1.4. Recht der Beteiligten auf Entscheidung durch den gesetzlichen Richter
1.4.2 Anwendung objektiver Kriterien zur Feststellung der richtigen Besetzung
In T 281/03 vom 30. März 2006 date: 2006-03-30 erklärte die Kammer, dass die Richtigkeit der Besetzung anhand objektiver Kriterien festgestellt werden sollte, also unter Zugrundelegung der VOBK und des Geschäftsverteilungsplans. Weder gebe es ein subjektives Element, das eine entsprechende Anwendung des Art. 24 (4) EPÜ auf andere Situationen als Ausschließung oder Ablehnung rechtfertige, noch konnte die Kammer in ihrer neuen Besetzung eine Rechtslücke erkennen, die eine entsprechende Anwendung des Art. 24 (4) EPÜ notwendig machte. Sehr wohl aber könnte die Tätigkeit der Kammern, wenn die Besetzung einer Kammer durch deren neue Besetzung überprüft werden müsste, allein durch immer wieder vorgebrachte Befangenheitseinwände blockiert werden.
In T 355/13 wies die Kammer die nicht weiter substantiierte Behauptung des Beschwerdeführers zurück, die Kammer habe durch ihre geänderte Besetzung ein "Spezialtribunal" zu seinen Ungunsten gebildet und die "wahren Gründe" für die Änderung ihrer Besetzung nicht mitgeteilt. In einer Mitteilung an die Beteiligten hatte die Kammer erläutert, dass die Änderungen in ihrer Besetzung durch Änderungen im Geschäftsverteilungsplan bedingt waren, und betont, dass das bisherige technisch vorgebildete Mitglied in eine andere Kammer versetzt wurde und das bisherige rechtskundige Mitglied aus den Beschwerdekammern ausgeschieden war. Dennoch hatte der Beschwerdeführer seinen Einwand aufrechterhalten, seine Behauptung aber durch keinerlei Beweismittel gestützt.

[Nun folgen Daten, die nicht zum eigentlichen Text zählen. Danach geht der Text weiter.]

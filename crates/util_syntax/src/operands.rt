//! The operands of a statement, or their first fault.
ghost use Rattle.std.specs.Prelude.{◌≡◌, [], length, map, IfOk};
ghost use Rattle.std.specs.List.{slice_split};
ghost use Rattle.std.specs.Result.{result_map_both};
ghost use Rattle.card_text.specs.Nesting.{other_pieces, is_separator};
ghost use Rattle.card_text.specs.Operands.{operand_view};
ghost use Rattle.util_syntax.specs.Operands.{operand_or_fault, is_absent, operands};

use card_text::{CardColumn, Mark, Operand, first_piece, first_place, is_unbalanced, read_operand};
use std::alloc::{AllocError, Global};

/// What is wrong with a statement, in this project's profile.
#[derive(Clone, Copy, Debug, PartialEq, Eq)]
pub enum SynErr {
    /// The card is blank, or no operation follows the name.
    NoOperation,
    /// A name, an operation or a keyword isn't one level, or an operand has none of the forms.
    BadOperand,
    /// A parenthesis or a quote has no partner on the statement's cards.
    Unbalanced,
    /// The operands go on, and the next card isn't one on which they can.
    ContinuationMissing,
}

/// The first fault of a statement.
#[derive(Clone, Copy, Debug, PartialEq, Eq)]
pub struct Fault {
    /// Where it stands.
    pub place: CardColumn,
    /// What is wrong.
    pub kind: SynErr,
}

// The operand or the fault of the text between two commas.
fn operand_or_fault(alloc: Global, text: &[Mark]) -> Result<Result<Operand, SynErr>, AllocError>
    ensures { IfOk result (λ r. result_map_both operand_view (λ e. e) r ≡ operand_or_fault text.now) }
{
    if is_unbalanced(text) {
        return Ok(Err(SynErr::Unbalanced));
    }
    match read_operand(alloc, text)? {
        Some(operand) => Ok(Ok(operand)),
        None => Ok(Err(SynErr::BadOperand)),
    }
}

// Whether a text is what a missing card would have: an empty last one.
#[tactic(auto, using(crate::proofs::Absent::not_absent))]
fn is_absent(missing: bool, text: &[Mark], others: Option<&[Mark]>) -> bool
    ensures { result ≡ is_absent missing text.now (other_pieces 0 others.entry) }
{
    match others {
        None => missing && text.is_empty(),
        Some(_) => false,
    }
}

// The operands of a field, or the first fault. Where the card is missing that would have the last, an empty last one is
// none. `end` is where an empty operand at the end of the field would stand.
pub fn operands(
    alloc: Global,
    missing: bool,
    end: CardColumn,
    field: &[Mark],
) -> Result<Result<Vec<Operand>, Fault>, AllocError>
    ensures { IfOk result (λ r. result_map_both (λ v. map operand_view v.items) (λ e. e) r
        ≡ operands missing end [] field.now (slice_split (is_separator 0) field.now)) }
{
    let mut found = Vec::new(alloc);
    let mut rest = field;
    'pieces: loop {
        let (text, others) = first_piece(0, rest);
        if is_absent(missing, text, others) {
            return Ok(Ok(found));
        }
        match operand_or_fault(alloc, text)? {
            Ok(operand) => found.push(operand)?,
            Err(kind) => {
                return Ok(Err(Fault {
                    place: first_place(end, rest),
                    kind,
                }));
            }
        }
        match others {
            Some(behind) => rest = behind,
            None => return Ok(Ok(found)),
        }
    }
}
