/// The ways to the nodes of a tree differ. At the way to each entry of a chain stands its node, and below
/// the way to the chain these nodes, in the order of the entries; nothing stands under a name that the
/// chain doesn't have, nor below a way to which no chain belongs. What stands at a way is the node of an
/// entry, and if it has an index, a chain is its own.
pub fn nodes_law()
    ensures ways { (cs : List Chain) → AreTree cs → WaysDiffer (flat_map chain_nodes cs) }
    ensures node { (before : List Chain) (c : Chain) (after : List Chain) (us : List CatEntry)
        (e : CatEntry) (vs : List CatEntry) → AreTree (before ++ c ∷ after)
        → entries_of c ≡ us ++ e ∷ vs
        → node_at (nodes_in (before ++ c ∷ after)) (way (names_to c e)) ≡ Some (node_in c.level e) }
    ensures below { (before : List Chain) (c : Chain) (after : List Chain)
        → AreTree (before ++ c ∷ after)
        → nodes_below (nodes_in (before ++ c ∷ after)) (way c.names) ≡ chain_nodes c }
    ensures child { (before : List Chain) (c : Chain) (after : List Chain) (k : ℕ)
        → AreTree (before ++ c ∷ after) → child_at (nodes_in (before ++ c ∷ after)) (way c.names) k
        ≡ option_map (λ (e : CatEntry). name_in c.level e.name) (slice_get (entries_of c) k) }
    ensures leaf { (cs : List Chain) (ps : List Name8) →
        AllByRecursion (λ (c : Chain). c.names ≡ ps → ⊥) cs
        → nodes_below (nodes_in cs) (way ps) ≡ [] }
    ensures none { (before : List Chain) (c : Chain) (after : List Chain) (n : Name8)
        → AreTree (before ++ c ∷ after)
        → AllByRecursion (λ (e : CatEntry). name_in c.level e.name ≡ n → ⊥) (entries_of c)
        → node_at (nodes_in (before ++ c ∷ after)) (way (c.names ++ n ∷ [])) ≡ None }
    ensures entry { (cs : List Chain) (ps : List Name8) (node : CatNode) →
        node_at (nodes_in cs) (way ps) ≡ Some node → HasEntry cs (way ps, node) }
    ensures chain { (cs : List Chain) → AreTree cs → (ps : List Name8) (node : CatNode) →
        node_at (nodes_in cs) (way ps) ≡ Some node → has_index node ≡ true
        → (level : Level) × LeadsTo node level × HasChain cs ps level }
{}

/// The blocks that a tree needs are those that the entries of its chains need: as many as the chains have,
/// where all are cut as they need. The same where one chain is to hold a list.
pub fn room_law()
    ensures needs { (cs : List Chain) → AreTree cs →
        catalog_needed (nodes_in cs) ≡ sum_by blocks_needed cs }
    ensures cut { (cs : List Chain) → AreTree cs → AreCut cs →
        catalog_needed (nodes_in cs) ≡ length (all_numbers cs) }
    ensures planned { (before : List Chain) (c : Chain) (after : List Chain)
        (list : List CatEntry) → Rises name_number list
        → AreTree (before ++ planned_chain c list ∷ after) → AreCut before → AreCut after
        → catalog_needed (nodes_in (before ++ planned_chain c list ∷ after))
        ≡ length (all_numbers before) + (needed cat_size 242 0 list + length (all_numbers after)) }
{}

/// A chain that is to hold a list has the entries of that, after the control entry.
pub fn planned_law()
    ensures chain { (c : Chain) (list : List CatEntry) →
        IsTrueList c.level list → IsTrueChain (planned_chain c list) }
    ensures entries { (c : Chain) (list : List CatEntry) →
        Rises name_number list → entries_of (planned_chain c list) ≡ drop 1 list }
{}

/// A tree is one again when a chain gives way to another that leads to the same chains, to one more or to
/// one less, below which there is none.
pub fn tree_law()
    ensures changes { (before : List Chain) (c d : Chain) (after : List Chain) →
        AreTree (before ++ c ∷ after) → IsTrueChain d → d.names ≡ c.names → d.level ≡ c.level
        → leads_of d ≡ leads_of c → AreTree (before ++ d ∷ after) }
    ensures gains { (c d e : Chain) (us : List Lead) (lead : Lead) (vs : List Lead) →
        d.names ≡ c.names → d.level ≡ c.level → leads_of c ≡ us ++ vs
        → leads_of d ≡ us ++ lead ∷ vs → e.names ≡ lead.names → e.level ≡ lead.level
        → leads_of e ≡ [] → (before after : List Chain) → AreTree (before ++ c ∷ after)
        → IsTrueChain d → IsTrueChain e → TreeGains before d after e }
    ensures loses { (c d : Chain) (us : List Lead) (lead : Lead) (vs : List Lead) →
        d.names ≡ c.names → d.level ≡ c.level → leads_of c ≡ us ++ lead ∷ vs
        → leads_of d ≡ us ++ vs → (before after : List Chain) → AreTree (before ++ c ∷ after)
        → IsTrueChain d
        → ((e : Chain) (fs gs : List Chain) → after ≡ fs ++ e ∷ gs → e.names ≡ lead.names
        → leads_of e ≡ []) → TreeLoses before d after lead }
{}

In R 12/22 machte die Antragstellerin die kurzfristige Ersetzung des juristischen Mitglieds erstmals in der mündlichen Verhandlung vor der Großen Beschwerdekammer als einen Verstoß gegen ein "Recht auf den gesetzlichen Richter" geltend. Die Große Beschwerdekammer stellte fest, dass ein "Recht auf den gesetzlichen Richter" im EPÜ und den dieses ergänzenden Vorschriften, insbesondere denjenigen der VOBK, nicht geregelt ist. Art. 2 VOBK regelt Ausnahmen vom Geschäftsverteilungsplan, nämlich die Ersetzung von Mitgliedern bei Verhinderung an der Mitwirkung. Die Antragstellerin hatte aber in der mündlichen Verhandlung vor der Beschwerdekammer weder ein Recht auf den gesetzlichen Richter geltend gemacht noch das Nichtvorliegen einer Ausnahme nach Art. 2 VOBK. Daher entschied die Große Beschwerdekammer, diesen neu geltend gemachten Gehörsverstoß durch Verletzung eines Rechts auf den gesetzlichen Richter als offensichtlich unbegründet zurückzuweisen.